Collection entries
**********

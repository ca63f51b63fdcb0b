ghost use Rattle.std.specs.Prelude.{◌≡◌, ◌<◌, ◌++◌, IfSome, length, map, OnOk};
ghost use Rattle.std.specs.List.{after_first, before_first, position};
ghost use Rattle.html.specs.Fragment.{escaped, escaped_byte, fitted, fragment_of, fragment_text};
ghost use Rattle.html.specs.Fragment.{is_hole, as_html};

use super::wording::{AMPERSAND, APOSTROPHE, GREATER, LESS, QUOTE, UNKNOWN};
use list_base::{Bytes, NoMemory};
use text_lines::push_decimal;

/// A part of a page.
#[derive(Clone, Copy)]
pub enum Fragment<'a> {
    /// Markup, as it is written.
    Tag(&'a [u8]),
    /// Words, which are escaped.
    Words(&'a [u8]),
    /// A number, in decimal.
    Number(u64),
}

/// Appends the template, with the fragments in its holes.
#[tactic(auto, using(crate::proofs::TemplateLemmas::fragment_filled, crate::proofs::TemplateLemmas::rest_written))]
pub fn fill(text: &mut Bytes, template: &[u8], fragments: &[Fragment<'_>]) -> Result<(), NoMemory>
    ensures { OnOk result (text.new ≡
        text.old ++ as_html (fitted template.now (map fragment_of fragments.now))) }
{
    let mut rest = template;
    for fragment in fragments {
        let (before, after) = split_hole(rest);
        text.append(before)?;
        push_fragment(text, fragment)?;
        rest = after;
    }
    text.append(rest)
}

/// What stands before the first hole, and what after it.
#[tactic(auto, using(crate::proofs::TemplateLemmas::hole_found, crate::proofs::TemplateLemmas::no_hole))]
fn split_hole(template: &[u8]) -> (&[u8], &[u8])
    ensures before { result.0.now ≡ before_first is_hole template.now }
    ensures after { result.1.now ≡ after_first is_hole template.now }
{
    match hole_index(template) {
        Some(hole) => (&template[..hole], &template[hole + 1..]),
        None => (template, b""),
    }
}

/// The index of the first hole.
fn hole_index(template: &[u8]) -> Option<usize>
    ensures first { result ≡ position is_hole template.now }
    ensures within { IfSome result (λ hole. hole < length template.now) }
{
    template.iter().position(|byte| *byte == b'$')
}

/// Appends the fragments.
pub fn push_fragments(text: &mut Bytes, fragments: &[Fragment<'_>]) -> Result<(), NoMemory>
    ensures { OnOk result (text.new ≡ text.old ++ as_html (map fragment_of fragments.now)) }
{
    for fragment in fragments {
        push_fragment(text, fragment)?;
    }
    Ok(())
}

/// Appends one fragment.
fn push_fragment(text: &mut Bytes, fragment: &Fragment<'_>) -> Result<(), NoMemory>
    ensures { OnOk result (text.new ≡ text.old ++ fragment_text (fragment_of fragment.now)) }
{
    match fragment {
        Fragment::Tag(tag) => text.append(tag),
        Fragment::Words(words) => push_words(text, words),
        Fragment::Number(number) => push_decimal(text, *number),
    }
}

/// Appends the words, escaped.
fn push_words(text: &mut Bytes, words: &[u8]) -> Result<(), NoMemory>
    ensures { OnOk result (text.new ≡ text.old ++ escaped words.now) }
{
    for byte in words {
        push_byte(text, *byte)?;
    }
    Ok(())
}

/// Appends a byte, escaped.
fn push_byte(text: &mut Bytes, byte: u8) -> Result<(), NoMemory>
    ensures { OnOk result (text.new ≡ text.old ++ escaped_byte byte) }
{
    match byte {
        b'"' => text.append(QUOTE),
        b'&' => text.append(AMPERSAND),
        b'\'' => text.append(APOSTROPHE),
        b'<' => text.append(LESS),
        b'>' => text.append(GREATER),
        b'\n' | b' '..=b'~' => text.push(byte),
        _ => text.append(UNKNOWN),
    }
}
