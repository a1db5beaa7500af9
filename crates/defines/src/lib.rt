// A task as planners that read PDDL take it: a domain and a problem.
#![tactic(auto)]

mod actions;
mod atoms;
mod names;
mod pairs;
mod reached;
mod writer;

ghost use Rattle.std.specs.Prelude.{◌≡◌};
ghost use Rattle.text.specs.Outcomes.{write_answer_told};
ghost use Rattle.defines.specs.Outcome.{pddl_outcome};

use task::{Reason, Refusal};
use writer::{has_room, put_pddl};

// No text is longer.
pub const LONGEST_PDDL: usize = 92158;

// Writes a table's task as a domain and a problem, each a line, and gives the number of bytes. Nothing is written before
// it is known that all of it fits.
pub fn write_pddl(table: &[u16], text: &mut [u8]) -> Result<u64, Refusal>
    ensures told { write_answer_told result ≡ (pddl_outcome table.now text.old).told }
    ensures written { text.new ≡ (pddl_outcome table.now text.old).buffer }
{
    task::judge_table(table)?;
    if !has_room(table, text.len()) {
        return Err(Refusal::nowhere(Reason::PddlTooLong));
    }
    Ok(put_pddl(text, table) as u64)
}
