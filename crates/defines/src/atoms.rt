// The atoms of a table, each in its bracket behind a space. They are put in the table's order, run after run of one
// schema and role: each run begins where the one before it ended, and no end is looked for ahead.
ghost use Rattle.std.specs.Prelude.{◌≡◌, true, ℕ, ◌+◌, ◌≤◌, ◌<◌, length};
ghost use Rattle.words.specs.Putting.{Puts};
ghost use Rattle.task.specs.Layout.{atom_total};
ghost use Rattle.task.specs.Task.{deletion};
ghost use Rattle.task.specs.Table.{is_table};
ghost use Rattle.text.specs.TableLines.{AtomInside};
ghost use Rattle.defines.specs.ByWords.{formula_at, item_at, item_in, items_in, RoleRun};

use crate::names::{OBJECT, PARAMETER, put_words, words_size};
use crate::reached::Reached;
use task::layout::{arity_of, predicate_at, role_at, row_of};
use task::limits::{ARGUMENTS, DELETION, GOAL_ATOMS, INITIAL_ATOMS, SCHEMA_ATOMS};
use text::put::{number_size, put_byte, put_bytes, put_number};
use words::runs::{wide, word};

// The atom whose words begin at `base`.
fn put_atom(text: &mut [u8], at: usize, mark: &[u8], table: &[u16], base: usize) -> usize
    requires atom_inside { AtomInside table.now base }
    requires base_in_bounds { at + length (formula_at mark.now table.now base) ≤ length text.old }
    ensures { Puts text.old at (formula_at mark.now table.now base)
        text.new result }
{
    let predicate = predicate_at(table, base);
    let arity = arity_of(table, wide(predicate));
    let at_number = put_bytes(text, at, b" (p");
    let at_arguments = put_number(text, at_number, predicate);
    let at_end = put_words(text, at_arguments, mark, table, base + ARGUMENTS, arity);
    put_byte(text, at_end, b')')
}

// A delete stands in a `not`.
fn put_delete(text: &mut [u8], at: usize, table: &[u16], base: usize) -> usize
    requires atom_inside { AtomInside table.now base }
    requires base_in_bounds { at + length (item_at deletion table.now base) ≤ length text.old }
    ensures { Puts text.old at (item_at deletion table.now base) text.new result }
{
    let at_atom = put_bytes(text, at, b" (not");
    let at_end = put_atom(text, at_atom, &PARAMETER, table, base);
    put_byte(text, at_end, b')')
}

// An atom by its role: those of a schema are over parameters, the others over objects.
fn put_item(text: &mut [u8], at: usize, table: &[u16], base: usize, role: u16) -> usize
    requires atom_inside { AtomInside table.now base }
    requires base_in_bounds { at + length (item_at role table.now base) ≤ length text.old }
    ensures { Puts text.old at (item_at role table.now base) text.new result }
{
    if role < DELETION {
        return put_atom(text, at, &PARAMETER, table, base);
    }
    if role == DELETION {
        return put_delete(text, at, table, base);
    }
    put_atom(text, at, &OBJECT, table, base)
}

// How many atoms a table has.
fn atom_count(table: &[u16]) -> usize
    requires { is_table table.now ≡ true }
    ensures { result ≡ atom_total table.now }
{
    word(table, SCHEMA_ATOMS) + word(table, INITIAL_ATOMS) + word(table, GOAL_ATOMS)
}

// The atoms of a schema and a role, from the first of them on.
pub fn put_run(
    text: &mut [u8],
    at: usize,
    table: &[u16],
    schema: usize,
    role: u16,
    from: usize,
) -> Reached
    requires table_value { is_table table.now ≡ true }
    requires by_index { (to : ℕ) × RoleRun table.now schema role from to ×
        (at + length (items_in table.now from to) ≤ length text.old) }
    ensures { (to : ℕ) → RoleRun table.now schema role from to → (result.to ≡ to) ×
        Puts text.old at (items_in table.now from to) text.new result.at }
{
    let count = atom_count(table);
    let mut next = at;
    for atom in from..count {
        let row = row_of(table, atom);
        if word(table, row) != schema || role_at(table, row) != role {
            return Reached { at: next, to: atom };
        }
        next = put_item(text, next, table, row, role);
    }
    Reached {
        at: next,
        to: count,
    }
}

// The bytes that an atom takes, and that one takes by its role.
fn atom_size(mark: &[u8], table: &[u16], base: usize) -> usize
    requires atom_inside { AtomInside table.now base }
    requires mark_len_bound { length mark.now ≤ 3 }
    ensures { result ≡ length (formula_at mark.now table.now base) }
{
    let predicate = predicate_at(table, base);
    let arity = arity_of(table, wide(predicate));
    b" (p".len()
        + number_size(predicate)
        + mark.len() * arity
        + words_size(table, base + ARGUMENTS, arity)
        + 1
}

fn item_size(table: &[u16], i: usize) -> usize
    requires table_value { is_table table.now ≡ true }
    requires i_bound { i < atom_total table.now }
    ensures { result ≡ length (item_in table.now i) }
{
    let row = row_of(table, i);
    let role = role_at(table, row);
    if DELETION < role {
        return atom_size(&OBJECT, table, row);
    }
    let atom = atom_size(&PARAMETER, table, row);
    if role < DELETION {
        return atom;
    }
    b" (not".len() + atom + 1
}

// The bytes that all atoms take.
pub fn items_size(table: &[u16]) -> usize
    requires { is_table table.now ≡ true }
    ensures { result ≡ length (items_in table.now 0 (atom_total table.now)) }
{
    let count = atom_count(table);
    (0..count).map(|i| item_size(table, i)).sum()
}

**********

Of the entries listed above, reproduce only the lines starting at the line containing "after run of one" and ending at the line containing "let at_arguments = put_number(text, at_number, predicate);". Include both, exactly as they stand.

SOLUTION TO THIS PROBLEM:
// The atoms of a table, each in its bracket behind a space. They are put in the table's order, run after run of one
// schema and role: each run begins where the one before it ended, and no end is looked for ahead.
ghost use Rattle.std.specs.Prelude.{◌≡◌, true, ℕ, ◌+◌, ◌≤◌, ◌<◌, length};
ghost use Rattle.words.specs.Putting.{Puts};
ghost use Rattle.task.specs.Layout.{atom_total};
ghost use Rattle.task.specs.Task.{deletion};
ghost use Rattle.task.specs.Table.{is_table};
ghost use Rattle.text.specs.TableLines.{AtomInside};
ghost use Rattle.defines.specs.ByWords.{formula_at, item_at, item_in, items_in, RoleRun};

use crate::names::{OBJECT, PARAMETER, put_words, words_size};
use crate::reached::Reached;
use task::layout::{arity_of, predicate_at, role_at, row_of};
use task::limits::{ARGUMENTS, DELETION, GOAL_ATOMS, INITIAL_ATOMS, SCHEMA_ATOMS};
use text::put::{number_size, put_byte, put_bytes, put_number};
use words::runs::{wide, word};

// The atom whose words begin at `base`.
fn put_atom(text: &mut [u8], at: usize, mark: &[u8], table: &[u16], base: usize) -> usize
    requires atom_inside { AtomInside table.now base }
    requires base_in_bounds { at + length (formula_at mark.now table.now base) ≤ length text.old }
    ensures { Puts text.old at (formula_at mark.now table.now base)
        text.new result }
{
    let predicate = predicate_at(table, base);
    let arity = arity_of(table, wide(predicate));
    let at_number = put_bytes(text, at, b" (p");
    let at_arguments = put_number(text, at_number, predicate);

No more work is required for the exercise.